Ashford W Meikle, Business ReporterAlthough he declined to give a specific date, citing regulatory disclosure requirements, general manager of Pan Caribbean Merchant Bank, Henry Pratt, says that he expects the financial institution to fully complete its conversion to a commercial bank before the end of the year.
"We are working towards it," Pratt said in a recent interview with the Financial Gleaner.
The second largest of the mer chant banks, with an asset base of almost $8 billion, Pan Caribbean was granted regulatory approval last year by the Bank of Jamaica to convert its licence to a commercial banking entity.
In the past the bank's top executives have argued that the conversion to the commercial bank will allow Pan Caribbean to provide new services to its clients on both sides of the balance sheet as it competes in an increasingly competitive finance industry.
For example, on the asset side it will mean that it will be able to offer overdraft facilities and lines of credit while on the liability side it will be able to offer chequing and deposit account facilities.
"There are constraints when you operate as a merchant bank. Deposit products, for example, are not as attractive as in a commercial bank. In a merchant, for example, we can't offer demand deposit products once a customer deposit funds, it has to be held for a minimum of fourteen days by law," noted Pratt.
"Once we become a commercial bank, it will allow us to offer more attractive products and on the lending side we will be able to offer overdraft facilities so we will grow our credit business from that side as well."
Indeed, growing its loan portfolio will beimportant to the bank, which counts among its clients Rainforest Seafood, Margueritaville, and International Aircraft Management (which recently built the private jet terminal at Sangsters International Airport) if it is to carve out its own niche in the $150 billion loan pie of the commercial banking industry.
Once it converts its licence PanCaribbean will become Jamaica's seventh commercial bank, and based on current asset base, will enter the industry - which has a total asset base of $438 billion - as the smallest of the lot.
Citibank, currently the smallest, has total assets of $14.5 billion while the country's largest, National Commercial Bank, has an asset base of $168 billion.
However, PanCaribbean's advantage lies in the fact currently almost half of its assets is concentrated in its $3.7 billion loan portfolio (compared to a Capital and Credit which lends out less than 20 per cent of its asset base). If it carries over this mix as a commercial bank, it will better the industry average of 35 per cent and well ahead of its peers such as NCB, Citibank, Scotiabank and FirstGlobal.
Still, concerns have been raised that PanCaribbean is entering an industry that is crowded, a view Pratt dismisses as he offers an insight into the type of operations he will be running.
"I think in Jamaica people are constrained by the image of a commercial bank and asking themselves, 'one more; what is one more going to do?' Well we are not looking to compete with BNS or NCB [and] we are not looking to replicate them. We are certainly going to be differentiating ourselves and one of the reasons why we have taken so much time to come to the market is that we are designing a bank that is going to be different. Certainly we would not be doing it if we felt that it would not allow for us to increase our customer base or offer value to our existing customers and new clients as well."

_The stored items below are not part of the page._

// The sheet of a flow, written at its turn: what of the formula hangs neither on the instant nor on W, with the response bounds so far.
#![tactic(auto)]

ghost use Rattle.std.specs.Prelude.{◌≡◌, [], ◌∷◌, ℕ, ◌+◌, ◌*◌, ◌<◌, ◌≤◌, length};
ghost use Rattle.least.specs.Lists.{values};
ghost use Rattle.rules.specs.Valid.{Valid};
ghost use Rattle.nets.specs.Nets.{count_in, room_in, length_in, net_in};
ghost use Rattle.ways.specs.Ways.{WaysAre};
ghost use Rattle.blocks.specs.Sheet.{entries_in, Small, Shaped};
ghost use Rattle.starts.specs.Runs.{Low};
ghost use Rattle.entries.specs.Rows.{higher_at, equal_at, own_at};
ghost use Rattle.frames.specs.Frames.{block_size, Grown, Roomy};
ghost use Rattle.sheets.specs.Sheets.{SheetIs, Joined, Given, Filled};

use blocks::INSTANT;
use crossings::{Crossings, Role};
use nets::Net;

// The size of a block, and of each block what it has before its entries.
fn begin(net: &Net, ways: &[u64], sheet: &mut [u64], a: usize)
    requires { WaysAre net.now ways.now × (a < count_in net.now) × Small sheet.old × (1 + length_in net.now a * block_size (count_in net.now) ≤ length sheet.old) }
    ensures by_index { (φ : ℕ → ℕ) → Filled net.now φ a 0 sheet.new }
    ensures sheet_len_unchanged { length sheet.new ≡ length sheet.old }
{
    let m = net.hops(a);
    let size = frames::block(net, 1) - 1;
    sheet[0] = size as u64;
    for p in 0..m {
        let at = frames::block(net, p);
        sheet[at] = ways::base(net, ways, a, p);
        sheet[at + 1] = net.cost(a, p) + net.jitter(a);
        sheet[at + 2] = 0;
    }
}

// The entries of flow a itself: from its second packet on, for its first stands in what hangs on nothing.
fn write_own(net: &Net, sheet: &mut [u64], a: usize)
    requires { (a < count_in net.now) × Roomy (count_in net.now) (length_in net.now a) sheet.old }
    ensures grown { Grown (Valid (net_in net.now)) (count_in net.now) (length_in net.now a) (λ p. own_at net.now a p ∷ []) sheet.old sheet.new }
    ensures sheet_len_unchanged { length sheet.new ≡ length sheet.old }
{
    let m = net.hops(a);
    let period = net.period(a);
    let mut weight: u64 = 0;
    for p in 0..m {
        weight = weight.max(net.cost(a, p));
        frames::append(net, sheet, p, INSTANT as u64, 0, period, period, weight);
    }
}

// The entries of a higher flow b, from the first place that it shares on.
fn write_higher(
    set: &Crossings,
    ways: &[u64],
    replies: &[u64],
    sheet: &mut [u64],
    a: usize,
    b: usize,
)
    requires { Given set.now.net.now ways.now replies.now a b × Roomy (count_in set.now.net.now) (length_in set.now.net.now a) sheet.old }
    ensures joined { Joined set.now.net.now a b (higher_at set.now.net.now a b (values replies.now)) sheet.old sheet.new }
    ensures sheet_len_unchanged { length sheet.new ≡ length sheet.old }
{
    let m = set.net.hops(a);
    let first = set.first(a, b);
    if m <= first {
        return;
    }
    let plus = entries::delay(set, replies, a, b, first);
    let way = ways::least_way(set.net, ways, a, first);
    let period = set.net.period(b);
    let mut last = first;
    let mut weight: u64 = 0;
    for p in first..m {
        last = entries::later(set, a, b, last, p);
        weight = entries::heavier(set, a, b, weight, p);
        let less = way + entries::smallest(set, ways, a, b, last);
        frames::append(
            set.net,
            sheet,
            p,
            entries::look_at(last, p),
            plus,
            less,
            period,
            weight,
        );
    }
}

// The entries of an equal flow b, from the first place that it shares on.
fn write_equal(
    set: &Crossings,
    ways: &[u64],
    replies: &[u64],
    sheet: &mut [u64],
    a: usize,
    b: usize,
)
    requires { Given set.now.net.now ways.now replies.now a b × Roomy (count_in set.now.net.now) (length_in set.now.net.now a) sheet.old }
    ensures joined { Joined set.now.net.now a b (equal_at set.now.net.now a b (values replies.now)) sheet.old sheet.new }
    ensures sheet_len_unchanged { length sheet.new ≡ length sheet.old }
{
    let m = set.net.hops(a);
    let first = set.first(a, b);
    if m <= first {
        return;
    }
    let plus = entries::delay(set, replies, a, b, first);
    let way = set.net.jitter(a) + ways::least_way(set.net, ways, a, first);
    let period = set.net.period(b);
    let mut g = first;
    let mut weight: u64 = 0;
    for p in first..m {
        g = entries::nearer(set, a, b, g, p);
        weight = entries::heavier(set, a, b, weight, p);
        let less = way + entries::smallest(set, ways, a, b, g);
        let more = plus + entries::arrival(set.net, replies, a, g);
        frames::append(
            set.net,
            sheet,
            p,
            INSTANT as u64,
            more,
            less,
            period,
            weight,
        );
    }
}

// The entries of flow b, by what it is to a; none of a lower one.
fn write_flow(set: &Crossings, ways: &[u64], replies: &[u64], sheet: &mut [u64], a: usize, b: usize)
    requires { Given set.now.net.now ways.now replies.now a b × Filled set.now.net.now (values replies.now) a b sheet.old }
    ensures filled { Filled set.now.net.now (values replies.now) a (b + 1) sheet.new }
    ensures sheet_len_unchanged { length sheet.new ≡ length sheet.old }
{
    match set.side(a, b) {
        Role::Own => write_own(set.net, sheet, a),
        Role::Higher => write_higher(set, ways, replies, sheet, a, b),
        Role::Equal => write_equal(set, ways, replies, sheet, a, b),
        Role::Lower => {}
    }
}

// The sheet of flow a, with the response bounds so far.
pub fn write(set: &Crossings, ways: &[u64], replies: &[u64], sheet: &mut [u64], a: usize)
    requires { (a < count_in set.now.net.now) × WaysAre set.now.net.now ways.now × (count_in set.now.net.now * room_in set.now.net.now ≤ length replies.now) × Low replies.now × Small sheet.old × (1 + length_in set.now.net.now a * (3 + 5 * count_in set.now.net.now) ≤ length sheet.old) × (length sheet.old ≤ 16777216) }
    ensures sheet_is { Valid (net_in set.now.net.now) → SheetIs (net_in set.now.net.now) (room_in set.now.net.now) (values replies.now) a sheet.new }
    ensures shaped { Shaped sheet.new (length_in set.now.net.now a) }
    ensures sheet_len_unchanged { length sheet.new ≡ length sheet.old }
    ensures by_index { (p : ℕ) → p < length_in set.now.net.now a → entries_in sheet.new p ≤ count_in set.now.net.now }
{
    begin(set.net, ways, sheet, a);
    let n = set.net.count();
    for b in 0..n {
        write_flow(set, ways, replies, sheet, a, b);
    }
}
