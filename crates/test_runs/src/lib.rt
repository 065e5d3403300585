//! Tests alone: tables of runs, with the traces that they write.
#![tactic(auto)]

#[cfg(test)]
mod compare;
#[cfg(test)]
mod controls;
#[cfg(test)]
mod decorators;
#[cfg(test)]
mod failing;
#[cfg(test)]
mod halts;
#[cfg(test)]
mod mocks;
#[cfg(test)]
mod navigation;
#[cfg(test)]
mod runners;
#[cfg(test)]
mod scripts;
#[cfg(test)]
mod told;
#[cfg(test)]
mod traces;
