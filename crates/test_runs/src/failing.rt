//! Runs whose sink fails: a prefix of the trace is written, and no driver holds anything.

use crate::controls::{HALTED_BY_A_CHECK, TWO_CHECKS};
use crate::halts::FAULT_AT_THE_END;
use crate::runners::{ONE_FAULTS, WAITS, sixteen, sixteen_trace};
use base_outside::MemSink;
use base_texts::NoMemory;
use std::alloc::Global;
use std::test::Fail;
use test_bed::run;

/// What a run writes, where the write of this number fails after `taken` bytes, with its exit and
/// whether its drivers hold anything after it.
fn cut(
    alloc: Global,
    nodes: &str,
    lines: &str,
    write: u64,
    taken: u64,
) -> Result<String, NoMemory> {
    let mut sink = MemSink::new(alloc, vec![in alloc; (write, taken)]?);
    let ending = run(alloc, nodes, lines, &mut sink)?;
    let text = str::from_utf8(sink.list()).unwrap_or("?");
    Ok(format!(in alloc; "{text}{:?} {}", ending.exit, ending.holds)?)
}

/// How many bytes of the trace stood before the write that failed after `taken` bytes, by what the run wrote: none where
/// that is no beginning of the trace, or does not end with whole lines and these bytes of the next ones.
fn bytes_before(trace: &str, text: &str, taken: usize) -> Option<usize> {
    let before = text.len().checked_sub(taken)?;
    let lines = trace.get(..before)?;
    let is_whole = lines.is_empty() || lines.ends_with('\n');
    if trace.starts_with(text) && is_whole {
        Some(before)
    } else {
        None
    }
}

/// The first write whose failure after `taken` bytes leaves anything else than whole lines, more with each write, and
/// these bytes of the next ones; none where each leaves these until the whole trace is written.
fn first_wrong(
    alloc: Global,
    nodes: &str,
    lines: &str,
    trace: &str,
    taken: usize,
) -> Result<Option<u64>, NoMemory> {
    let mut least = 0;
    let mut write = 0_u64;
    for _ in trace.split('\n') {
        write = write.saturating_add(1);
        let given = cut(alloc, nodes, lines, write, taken as u64)?;
        let text = given.as_str();
        let Some(text) = text.strip_suffix("Write false") else {
            let is_whole = text.strip_suffix(" false") == Some(trace);
            return Ok(if is_whole { None } else { Some(write) });
        };
        match bytes_before(trace, text, taken) {
            Some(before) if before >= least => least = before.saturating_add(1),
            _ => return Ok(Some(write)),
        }
    }
    Ok(Some(write))
}

/// Runs of which each write fails in turn.
#[test]
fn each_write_may_fail(rt: HostRuntime) -> Result<(), Fail> {
    let alloc = rt.alloc();
    for (nodes, lines, trace) in [
        (
            "<Sequence><A/><B/></Sequence>",
            "fact x 1 / condition A is x == 1 / condition B when x < 2 / tick 1",
            TWO_CHECKS,
        ),
        (
            "<Sequence _onHalted=\"1 / 0\"><A/></Sequence>",
            "action A timed 100 / tick 1",
            FAULT_AT_THE_END,
        ),
        (
            "<ReactiveSequence><Ok/><B/></ReactiveSequence>",
            "fact ok 1 / condition Ok is ok == 1 / action B timed 100 / tick 1 / at 10 / set ok 0 / tick 1",
            HALTED_BY_A_CHECK,
        ),
        (
            "<Sequence><A/><Script code=\"y := z\"/></Sequence>",
            "runners 2 / action A timed 100 / tick 1 / at 50 / tick 2 / halt 1 / halt 1 / at 60 / tick 1 / at 150 / tick 2",
            ONE_FAULTS,
        ),
    ] {
        for taken in [0, 3] {
            let wrong = first_wrong(alloc, nodes, lines, trace, taken)?;
            assert_eq!(rt; wrong, None, "{taken} of {nodes}");
        }
    }
    Ok(())
}

/// The run of sixteen runners, of which each write fails in turn.
#[test]
fn each_write_of_sixteen_runners_may_fail(rt: HostRuntime) -> Result<(), Fail> {
    let alloc = rt.alloc();
    let lines = sixteen(alloc)?;
    let trace = sixteen_trace(alloc)?;
    for taken in [0, 3] {
        let wrong = first_wrong(alloc, WAITS, lines.as_str(), trace.as_str(), taken)?;
        assert_eq!(rt; wrong, None, "{taken}");
    }
    Ok(())
}

/// A write that fails after more than one byte.
#[test]
fn a_write_that_fails_takes_what_it_takes(rt: HostRuntime) -> Result<(), Fail> {
    let alloc = rt.alloc();
    let lines = "fact x 1 / condition A is x == 1 / condition B when x < 2 / tick 1";
    let text = cut(alloc, "<Sequence><A/><B/></Sequence>", lines, 2, 25)?;
    let want = "tick 1 at 0\nnode 1 IDLE RUNNING\ncall Write false";
    assert_eq!(rt; text.as_str(), want);
    Ok(())
}
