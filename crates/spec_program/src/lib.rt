//! Definitions: which command words are, what each command gives, and what `bt` promises of it.
#![tactic(auto)]

mod course;
mod exit;
mod file;
mod options;
mod print;
mod tree_fault;

pub use course::Course;
pub use exit::Exit;
pub use file::File;
pub use options::Options;
pub use print::Print;
pub use tree_fault::TreeFault;
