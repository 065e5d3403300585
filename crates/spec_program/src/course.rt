/// By which events a tree is run, and what is written of it.
#[derive(Clone, Copy, Debug, PartialEq, Eq)]
pub enum Course {
    /// Those of the world's script, whose trace is written.
    Script,
    /// So many rounds: in each the clock is asked once, and every runner is ticked in order.
    Rounds(u32),
    /// Those of the world's script, where the line is written that sums up a load of so many leaves.
    Load(u32),
}
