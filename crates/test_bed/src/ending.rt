ghost use Rattle.std.specs.Prelude.{map};
ghost use Rattle.spec_run.specs.Drivers.{NothingHeld};

use base_outside::{MemClock, MemShelf, MemSink, Sink};
use base_texts::{Name, NoMemory};
use cli_program::{add_driver, bt};
use cli_words::word_of;
use run_driver::{Driver, hold_nothing};
use run_leaves::{Conditions, Gate, Replay, Timed, Told};
use spec_program::Exit;
use spec_run::Totals;
use std::alloc::{AllocError, Global};

/// How the program has ended.
#[derive(Drop)]
pub struct Ending {
    pub exit: Exit,
    /// What the drivers that were called have counted, and `held` where one holds anything.
    pub counts: String,
    /// Whether a driver holds anything.
    pub holds: bool,
}

/// What a driver has counted, where it was called: its calls of `start`, `running` and `halted`, and
/// its trail.
fn count_of(alloc: Global, driver: &Box<dyn Driver>) -> Result<String, AllocError> {
    let kind = driver.kind();
    let Totals {
        starts,
        runnings,
        haltings,
        trail,
    } = driver.totals();
    if trail == 0 {
        return Ok(String::new(alloc));
    }
    format!(in alloc; "; {kind:?} {starts} {runnings} {haltings} trail {trail}")
}

/// What all drivers that were called have counted, in order, and `held` where one holds anything.
fn counts_of(alloc: Global, roster: &[Box<dyn Driver>]) -> Result<String, AllocError> {
    let mut text = String::new(alloc);
    for driver in roster {
        text.push_str(count_of(alloc, driver)?.as_str())?;
    }
    if !hold_nothing(roster) {
        text.push_str("; held")?;
    }
    Ok(text)
}

/// The words as they come from a command line.
fn names_of(alloc: Global, words: &[&str]) -> Result<Vec<Name>, NoMemory> {
    let mut names = Vec::new(alloc);
    for word in words {
        names.push(word_of(alloc, word)?)?;
    }
    Ok(names)
}

/// Answers these words, which ask no clock, with these drivers.
pub fn answer_with<K: Sink>(
    alloc: Global,
    words: &[&str],
    shelf: &mut MemShelf,
    sink: &mut K,
    roster: &mut Vec<Box<dyn Driver>>,
) -> Result<Exit, NoMemory>
    requires { NothingHeld (map (λ b. state b) roster.old.items) }
{
    let names = names_of(alloc, words)?;
    let mut clock = MemClock::new(Vec::new(alloc));
    Ok(bt(alloc, names.as_slice(), shelf, sink, &mut clock, roster))
}

/// Answers these names with the five drivers of `bt`.
fn answer_names(
    alloc: Global,
    words: &[Name],
    shelf: &mut MemShelf,
    sink: &mut MemSink,
    clock: &mut MemClock,
) -> Result<Ending, NoMemory> {
    let mut roster: Vec<Box<dyn Driver>> = Vec::new(alloc);
    add_driver(&mut roster, Box::new(alloc, Conditions::new(alloc))?)?;
    add_driver(&mut roster, Box::new(alloc, Timed::new(alloc))?)?;
    add_driver(&mut roster, Box::new(alloc, Replay::new(alloc))?)?;
    add_driver(&mut roster, Box::new(alloc, Gate::new(alloc))?)?;
    add_driver(&mut roster, Box::new(alloc, Told::new(alloc))?)?;
    let exit = bt(alloc, words, shelf, sink, clock, &mut roster);
    Ok(Ending {
        exit,
        counts: counts_of(alloc, roster.as_slice())?,
        holds: !hold_nothing(roster.as_slice()),
    })
}

/// Answers these words with the five drivers of `bt`.
pub fn answer(
    alloc: Global,
    words: &[&str],
    shelf: &mut MemShelf,
    sink: &mut MemSink,
    clock: &mut MemClock,
) -> Result<Ending, NoMemory> {
    let names = names_of(alloc, words)?;
    answer_names(alloc, names.as_slice(), shelf, sink, clock)
}
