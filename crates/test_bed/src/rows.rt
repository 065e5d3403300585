ghost use Rattle.std.specs.Prelude.{map};
ghost use Rattle.spec_run.specs.Drivers.{NothingHeld};

use crate::ending::{Ending, answer, answer_with};
use crate::files::{shelf_of, shelf_of_rows, tree_of, world_of};
use base_outside::{MemClock, MemShelf, MemSink, Sink};
use base_texts::NoMemory;
use run_driver::Driver;
use spec_program::Exit;
use std::alloc::Global;

/// The words of a run over the files `T` and `W`.
pub const TICK: [&str; 3] = ["tick", "T", "W"];

/// What words write over the files of a shelf, with the exit after it.
pub fn given_by(alloc: Global, words: &[&str], shelf: &mut MemShelf) -> Result<String, NoMemory> {
    let mut sink = MemSink::new(alloc, Vec::new(alloc));
    let mut clock = MemClock::new(Vec::new(alloc));
    let exit = answer(alloc, words, shelf, &mut sink, &mut clock)?.exit;
    let text = str::from_utf8(sink.list()).unwrap_or("?");
    Ok(format!(in alloc; "{text}{exit:?}")?)
}

/// What words write over files of which these reads fail, with the exit after it.
pub fn given(
    alloc: Global,
    words: &[&str],
    tree: &[u8],
    world: &[u8],
    fails: &[u64],
) -> Result<String, NoMemory> {
    let mut shelf = shelf_of(alloc, tree, world, fails)?;
    given_by(alloc, words, &mut shelf)
}

/// What words write over a tree of these nodes and a world of these lines, with the exit after it.
pub fn answered(
    alloc: Global,
    words: &[&str],
    nodes: &str,
    lines: &str,
    fails: &[u64],
) -> Result<String, NoMemory> {
    let tree = tree_of(alloc, nodes)?;
    let world = world_of(alloc, lines)?;
    given(alloc, words, tree.as_bytes(), world.as_bytes(), fails)
}

/// What a run writes, with its exit after it.
pub fn ran(alloc: Global, nodes: &str, lines: &str) -> Result<String, NoMemory> {
    answered(alloc, &TICK, nodes, lines, &[])
}

/// Runs these nodes in a world of these lines with the five drivers of `bt`.
pub fn run(
    alloc: Global,
    nodes: &str,
    lines: &str,
    sink: &mut MemSink,
) -> Result<Ending, NoMemory> {
    let mut shelf = shelf_of_rows(alloc, nodes, lines)?;
    let mut clock = MemClock::new(Vec::new(alloc));
    answer(alloc, &TICK, &mut shelf, sink, &mut clock)
}

/// Runs these nodes in a world of these lines with these drivers.
pub fn run_with<K: Sink>(
    alloc: Global,
    nodes: &str,
    lines: &str,
    sink: &mut K,
    roster: &mut Vec<Box<dyn Driver>>,
) -> Result<Exit, NoMemory>
    requires { NothingHeld (map (λ b. state b) roster.old.items) }
{
    let mut shelf = shelf_of_rows(alloc, nodes, lines)?;
    answer_with(alloc, &TICK, &mut shelf, sink, roster)
}
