ghost use Rattle.std.specs.Prelude.{◌≡◌, IfOk};

use base_texts::{Boxed, NoMemory, Shared};
use spec_script::{Expr, Script};
use std::alloc::Global;

/// An equal expression on the heap.
#[cycle(expressions)]
fn copy_boxed(alloc: Global, expr: &Boxed<Expr>) -> Result<Boxed<Expr>, NoMemory>
    ensures { IfOk result (λ copied. copied ≡ expr.now) }
{
    Boxed::of(alloc, copy_expr(alloc, expr.get())?)
}

/// An equal expression.
#[cycle(expressions)]
pub fn copy_expr(alloc: Global, expr: &Expr) -> Result<Expr, NoMemory>
    ensures { IfOk result (λ copied. copied ≡ expr.now) }
{
    match expr {
        Expr::Num(n) => Ok(Expr::Num(*n)),
        Expr::Lit(text) => Ok(Expr::Lit(text.copy(alloc)?)),
        Expr::Look(name) => Ok(Expr::Look(name.copy(alloc)?)),
        Expr::Group(a) => Ok(Expr::Group(copy_boxed(alloc, a)?)),
        Expr::Unary(op, a) => Ok(Expr::Unary(*op, copy_boxed(alloc, a)?)),
        Expr::Binary(op, a, b) => {
            let first = copy_boxed(alloc, a)?;
            Ok(Expr::Binary(*op, first, copy_boxed(alloc, b)?))
        }
        Expr::Choose(a, b, c) => {
            let test = copy_boxed(alloc, a)?;
            let then = copy_boxed(alloc, b)?;
            Ok(Expr::Choose(test, then, copy_boxed(alloc, c)?))
        }
    }
}

/// A script once more, where there is one. It is not copied. The error is want of memory.
pub fn share_script(script: &Option<Shared<Script>>) -> Result<Option<Shared<Script>>, NoMemory>
    ensures { IfOk result (λ shared. shared ≡ script.now) }
{
    match script {
        Some(script) => Ok(Some(script.share()?)),
        None => Ok(None),
    }
}
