/// Visits of a Timeout and a Delay.
#[test]
fn timeout_and_delay(rt: HostRuntime) -> Result<(), Fail> {
    let alloc = rt.alloc();
    for (kind, memo, now, picked, lines) in [
        (
            Kind::Timeout,
            since(10, 5),
            14,
            0,
            "1 R 0 Running 5 from 10
             1 S 0 All Success
             1 F 0 All Failure
             1 K 0 All Skipped",
        ),
        (Kind::Timeout, since(10, 5), 15, 0, "1 . All Failure"),
        (
            Kind::Timeout,
            since(10, 0),
            99,
            0,
            "1 R 0 Running 0 from 10
             1 S 0 All Success",
        ),
        (Kind::Delay, since(10, 5), 14, 0, "1 . Running 5 from 10"),
        (
            Kind::Delay,
            since(10, 5),
            15,
            0,
            "1 R 0 Running 5 from 10
             1 S 0 All Success
             1 F 0 All Failure
             1 K 0 All Skipped",
        ),
        (Kind::Delay, since(10, 0), 10, 0, "1 S 0 All Success"),
    ] {
        let decorator = Decorator { kind, memo, picked };
        decorators(&rt, alloc, decorator, now, lines)?;
    }
    Ok(())
}

/// Visits of a RunOnce.
#[test]
fn run_once(rt: HostRuntime) -> Result<(), Fail> {
    let alloc = rt.alloc();
    for (kind, memo, now, picked, lines) in [
        (
            Kind::RunOnce,
            Memo::Finished(None),
            0,
            0,
            "1 R 0 Running no mark
             1 S 0 All Success mark Success
             1 F 0 All Failure mark Failure
             1 K 0 All Skipped",
        ),
        (
            Kind::RunOnce,
            Memo::Finished(Some(Answer::Success)),
            0,
            0,
            "1 . Success mark Success",
        ),
        (
            Kind::RunOnce,
            Memo::Finished(Some(Answer::Success)),
            0,
            1,
            "1 . Skipped mark Success",
        ),
        (
            Kind::RunOnce,
            Memo::Finished(Some(Answer::Failure)),
            0,
            0,
            "1 . Failure mark Failure",
        ),
        (
            Kind::RunOnce,
            Memo::Finished(Some(Answer::Failure)),
            0,
            1,
            "1 . Skipped mark Failure",
        ),
    ] {
        let decorator = Decorator { kind, memo, picked };
        decorators(&rt, alloc, decorator, now, lines)?;
    }
    Ok(())
}
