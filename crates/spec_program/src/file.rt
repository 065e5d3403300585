/// A file that a command names.
#[derive(Clone, Copy, Debug, PartialEq, Eq)]
pub enum File {
    /// The tree file.
    Tree,
    /// The world script.
    World,
    /// The rules file.
    Rules,
    /// The file of expectations.
    Expect,
}
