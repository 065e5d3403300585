use base_outside::MemShelf;
use base_texts::{Name, NoMemory};
use cli_words::word_of;
use std::alloc::{AllocError, Global};

/// One text of these parts.
pub fn joined(alloc: Global, parts: &[&str]) -> Result<String, AllocError> {
    let mut text = String::new(alloc);
    for part in parts {
        text.push_str(part)?;
    }
    Ok(text)
}

/// A tree file whose one tree has these nodes.
pub fn tree_of(alloc: Global, nodes: &str) -> Result<String, AllocError> {
    format!(in alloc;
        "<root BTCPP_format=\"4\"><BehaviorTree ID=\"M\">{nodes}</BehaviorTree></root>"
    )
}

/// A world script of these lines after its header; a slash between blanks stands for the end of a line.
pub fn world_of(alloc: Global, lines: &str) -> Result<String, AllocError> {
    format!(in alloc; "bt-world 1\n{}\n", lines.replace(alloc, " / ", "\n")?)
}

/// A file of a shelf.
fn file(alloc: Global, name: &str, bytes: &[u8]) -> Result<(Name, Vec<u8>), NoMemory> {
    let bytes = Vec::from_slice(alloc, bytes)?;
    Ok((word_of(alloc, name)?, bytes))
}

/// A shelf of the files `T` and `W`, of which these reads fail.
pub fn shelf_of(
    alloc: Global,
    tree: &[u8],
    world: &[u8],
    fails: &[u64],
) -> Result<MemShelf, NoMemory> {
    let fails = Vec::from_slice(alloc, fails)?;
    let mut files = Vec::new(alloc);
    files.push(file(alloc, "T", tree)?)?;
    files.push(file(alloc, "W", world)?)?;
    Ok(MemShelf::new(files, fails))
}

/// A shelf of the files `T`, `W` and `R`, of which these reads fail.
pub fn shelf_with_rules(
    alloc: Global,
    tree: &[u8],
    world: &[u8],
    rules: &[u8],
    fails: &[u64],
) -> Result<MemShelf, NoMemory> {
    let fails = Vec::from_slice(alloc, fails)?;
    let mut files = Vec::new(alloc);
    files.push(file(alloc, "T", tree)?)?;
    files.push(file(alloc, "W", world)?)?;
    files.push(file(alloc, "R", rules)?)?;
    Ok(MemShelf::new(files, fails))
}

/// A shelf of a tree of these nodes and a world of these lines.
pub fn shelf_of_rows(alloc: Global, nodes: &str, lines: &str) -> Result<MemShelf, NoMemory> {
    let tree = tree_of(alloc, nodes)?;
    let world = world_of(alloc, lines)?;
    shelf_of(alloc, tree.as_bytes(), world.as_bytes(), &[])
}
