//! Equal copies of expressions, and shares of scripts and guards. Each call answers `NoMemory` (out of
//! memory) where an allocation fails, and else what is equal.
#![tactic(auto)]

mod nodes;
mod scripts;

pub use nodes::share_guards;
pub use scripts::{copy_expr, share_script};
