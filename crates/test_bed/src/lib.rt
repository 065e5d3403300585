//! What the rows of tests are run on: files in memory, and the drivers of the modelled world.
#![tactic(auto)]

mod ending;
mod files;
mod rows;

pub use ending::{Ending, answer, answer_with};
pub use files::{joined, shelf_of, shelf_of_rows, shelf_with_rules, tree_of, world_of};
pub use rows::{TICK, answered, given, given_by, ran, run, run_with};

All five of the current merchant bank offices islandwide will be converted to commercial bank outlets including its Knutsford Boulevard head office.
"Substantial changes to the physical layout of the those branches [have been done] and as part of the transition we will be investing in infrastructure .... we took over some additional spaces in the PCFS building in New Kingston," noted Pratt.
Pratt, who is expected to head the commercial bank, admitted that personnel changes have had to be done to ensure a smooth transition to commercial bank operations. "We have been training our staff ... and over the last two and half year we have been hiring people with commercial bank e from vice president right down."
But, he declined to say how much the operations would cost the PanCaribbean group, which is seeking to raise capital later this year by way of an issuance of some 15 million preference shares once the resolution is approved by shareholders at PCFS' annual general meeting next month.